"He's been around here four years," Talley says. "He should know what he is doing."
If that is not a ringing vote of confidence, Hodge accepts it as all the vote he needs. "The team is mine right now," he says. "I expect I can handle the job."
What's holding Hodge back is that he's had two knee operations in seven months.
"It's been awfully tough on his knee," Talley said. "He hasn't come back quite as quickly as we thought he would."
Hodge's competition to replace four-year starter Kirk Schulz this season comes from sophomore Tom Colombo and Maryland transfer Dan Taylor.

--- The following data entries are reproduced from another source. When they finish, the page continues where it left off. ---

//! Jobs: a shape, for each of its leaves an act, and a source or none, and the names of objects.
ghost use Rattle.std.specs.Prelude.{◌≡◌, ◌<◌, ◌≤◌, [], None, Some, IfOk, length, map, replicate, slice_get};
ghost use Rattle.std.specs.Option.{option_map};
ghost use Rattle.limits.specs.declared.TheConstants.{MOST_LEAVES};
ghost use Rattle.job_names.specs.Names.{spelling};
ghost use Rattle.sp_order.specs.Objects.{AreNumbered, AreUnnamed, with_numbers as numbered_acts};
ghost use Rattle.sp_order.specs.Precedence.{tree_of, leaf_count};
ghost use Rattle.sp_order.specs.Sources.{AreSources};

use crate::objects::with_numbers;
use crate::shape::Shape;
use crate::sources::Sources;
use job_names::Name;
use seq_objects::Act;
use std::alloc::{AllocError, Global};
use std::marker::Model;

/// A shape, and the acts and sources of its leaves, from left to right: at most `MOST_LEAVES`. A leaf with a source takes
/// the value of that leaf, which is before it, as the argument of its call or the number of its work. The objects of its
/// calls with the numbers 1, 2, and so on have the names, in this order. A job without leaves has no shape. Contracts
/// see it as a `JobValue`.
#[derive(Drop)]
pub struct Job {
    shape: Option<Shape>,
    acts: Vec<Act>,
    sources: Sources,
    names: Vec<Name>,
}

impl Model for Job {
    ghost use Rattle.std.specs.Option.{option_map};
    ghost use Rattle.sp_order.specs.Code.SourcesView.{job_of};
    ghost use Rattle.sp_order.specs.Jobs.{JobValue, coded_job, IsJob};
    ghost use Rattle.sp_order.specs.Precedence.{tree_of};

    ghost Value = { JobValue };

    ghost coded = { coded_job };

    ghost view = { λ j. job_of (option_map tree_of j.shape) j.acts.items j.sources j.names.items };

    ghost invariant = { λ j. IsJob (job_of (option_map tree_of j.shape) j.acts.items j.sources j.names.items) };
}

impl Job {
    ghost use Rattle.sp_order.specs.Jobs.{IsJob};
    ghost use Rattle.sp_order.specs.Depth.{depth_of};
    ghost use Rattle.sp_order.specs.Code.SourcesView.{listed};

    /// The job of this shape, whose leaves do these acts. No leaf has a source, and no object has a name. It takes no
    /// memory.
    pub fn of(shape: Option<Shape>, acts: Vec<Act>) -> Job
        requires leaves { leaf_count (option_map tree_of shape) ≡ length acts.items }
        requires most { length acts.items ≤ MOST_LEAVES }
        requires unnamed { AreUnnamed acts.items }
        ensures shape { result.shape ≡ option_map tree_of shape }
        ensures acts { result.acts ≡ acts.items }
        ensures sources { result.sources ≡ replicate (length acts.items) None }
        ensures names { result.names ≡ [] }
    {
        let names = Vec::new(*acts.allocator());
        Job {
            shape,
            acts,
            sources: Sources::Absent,
            names,
        }
    }

    /// The job of this shape, whose leaves do these acts and have these sources. No object has a name. It takes no
    /// memory.
    pub fn with_sources(shape: Option<Shape>, acts: Vec<Act>, sources: Vec<Option<u32>>) -> Job
        requires leaves { leaf_count (option_map tree_of shape) ≡ length acts.items }
        requires most { length acts.items ≤ MOST_LEAVES }
        requires sources { AreSources (option_map tree_of shape) acts.items sources.items }
        requires unnamed { AreUnnamed acts.items }
        ensures shape { result.shape ≡ option_map tree_of shape }
        ensures acts { result.acts ≡ acts.items }
        ensures sources { result.sources ≡ sources.items }
        ensures names { result.names ≡ [] }
    {
        let names = Vec::new(*acts.allocator());
        Job {
            shape,
            acts,
            sources: Sources::Each(sources),
            names,
        }
    }

    /// The job with these names of objects, whose calls are of the objects with these numbers. All else stays. It takes
    /// no memory.
    pub fn with_objects(job: Job, objects: Vec<u32>, names: Vec<Name>) -> Job
        requires { AreNumbered job.acts objects.items (map (λ name. spelling name) names.items) }
        ensures shape { result.shape ≡ job.shape }
        ensures acts { result.acts ≡ numbered_acts job.acts objects.items }
        ensures sources { result.sources ≡ job.sources }
        ensures names { result.names ≡ map (λ name. spelling name) names.items }
    {
        Job {
            shape: job.shape,
            acts: with_numbers(job.acts, objects.as_slice()),
            sources: job.sources,
            names,
        }
    }

    /// The shape, or `None` for a job without leaves.
    pub fn shape(&self) -> Option<&Shape>
        ensures shape { option_map (λ shape. tree_of shape.now) result ≡ self.now.shape }
        ensures job { IsJob self.now }
    {
        self.shape.as_ref()
    }

    /// The acts of the leaves, from left to right: at most `MOST_LEAVES`.
    pub fn acts(&self) -> &[Act]
        ensures acts { result.now ≡ self.now.acts }
        ensures job { IsJob self.now }
    {
        self.acts.as_slice()
    }

    /// The names of the objects with the numbers 1, 2, and so on.
    pub fn names(&self) -> &[Name]
        ensures names { map (λ name. spelling name) result.now ≡ self.now.names }
        ensures job { IsJob self.now }
    {
        self.names.as_slice()
    }

    /// The source of this leaf: the leaf whose value it takes, or `None` where it has none.
    pub fn source(&self, leaf: u32) -> Option<u32>
        requires { leaf < leaf_count self.now.shape }
        ensures { slice_get self.now.sources leaf ≡ Some result }
    {
        self.sources.of(leaf)
    }

    /// The sources of the leaves, to be kept beside a plan.
    pub(crate) fn copied_sources(&self, alloc: Global) -> Result<Sources, AllocError>
        ensures { IfOk result (λ copy. listed copy (length self.now.acts) ≡ self.now.sources) }
    {
        self.sources.copied(alloc)
    }

    /// The depth of the shape in blocks: 0 without a shape and for a leaf, else one more than the deeper side. The
    /// recursion takes one call a level, and there are fewer levels than leaves.
    pub fn depth(&self) -> u32
        ensures depth { result ≡ depth_of self.now.shape }
        ensures most { result < MOST_LEAVES }
    {
        match &self.shape {
            None => 0,
            Some(shape) => shape.depth(),
        }
    }
}
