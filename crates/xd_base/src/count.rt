//! Counters that stay at their last value.

ghost use Rattle.std.specs.Prelude.{◌≡◌};
ghost use Rattle.xd_base.specs.Transfers.{next_count};

/// One more, or the same at the type's end.
pub fn next_count(count: u64) -> u64
    ensures { result ≡ next_count count }
{
    count.saturating_add(1)
}
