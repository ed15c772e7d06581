//! Why a shelf or a sink refused.

use thiserror::Error;

/// Why a text was not fetched.
#[derive(Clone, Copy, Debug, PartialEq, Eq, Error)]
pub enum FetchError {
    /// The shelf had a fault, which it counted.
    #[error("the shelf failed")]
    Failed,
    /// The shelf tells what it holds, and holds no text of this name.
    #[error("no text of this name")]
    Missing,
    /// There was not enough memory for the text.
    #[error("out of memory")]
    NoMemory,
}

/// Why bytes were not taken.
#[derive(Clone, Copy, Debug, PartialEq, Eq, Error)]
pub enum PutError {
    /// The sink had a fault, which it counted.
    #[error("the sink failed")]
    Failed,
}

/// There was not enough memory for a shelf or a sink in memory.
#[derive(Clone, Copy, Debug, PartialEq, Eq, Error)]
#[error("out of memory")]
pub struct NoRoom;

With a quick, hard-hitting group of defenders - "my best defense ever," Talley says - a full squadron of tailbacks and a fast, sure-handed contingent of wide receivers, Talley feels certain almost all the pieces are in place for Villanova (8-4) to have another successful season. If he can find a quarterback.
"Quarterback is the question mark," Talley says.
"I don't have any questions," Hodge says later. "I'm ready for this job."
In his sixth year as Villanova's head coach, Talley thinks he has the football program right where he expected it to be.
Last year, the Wildcats had their best season since Talley took over in 1985, when the program was restarted after a four-year hiatus. They were tri- champions of the competitive Yankee Conference, received an invitation to the NCAA Division I-AA playoffs, then acquitted themselves better than expected in a 52-36 loss to Georgia Southern, the premier Division I-AA team in the nation.
"That game really gave us some confidence," Hodge says. "We realized we could play with the best. It was our first playoff game, at a really crazy place, and we weren't embarrassed."
If the Wildcats make that return engagement, it will probably be due in large part to the defense.
Talley calls junior tackle Willie Oshodin (6-foot-4, 240 pounds) "the premier defensive tackle in the league."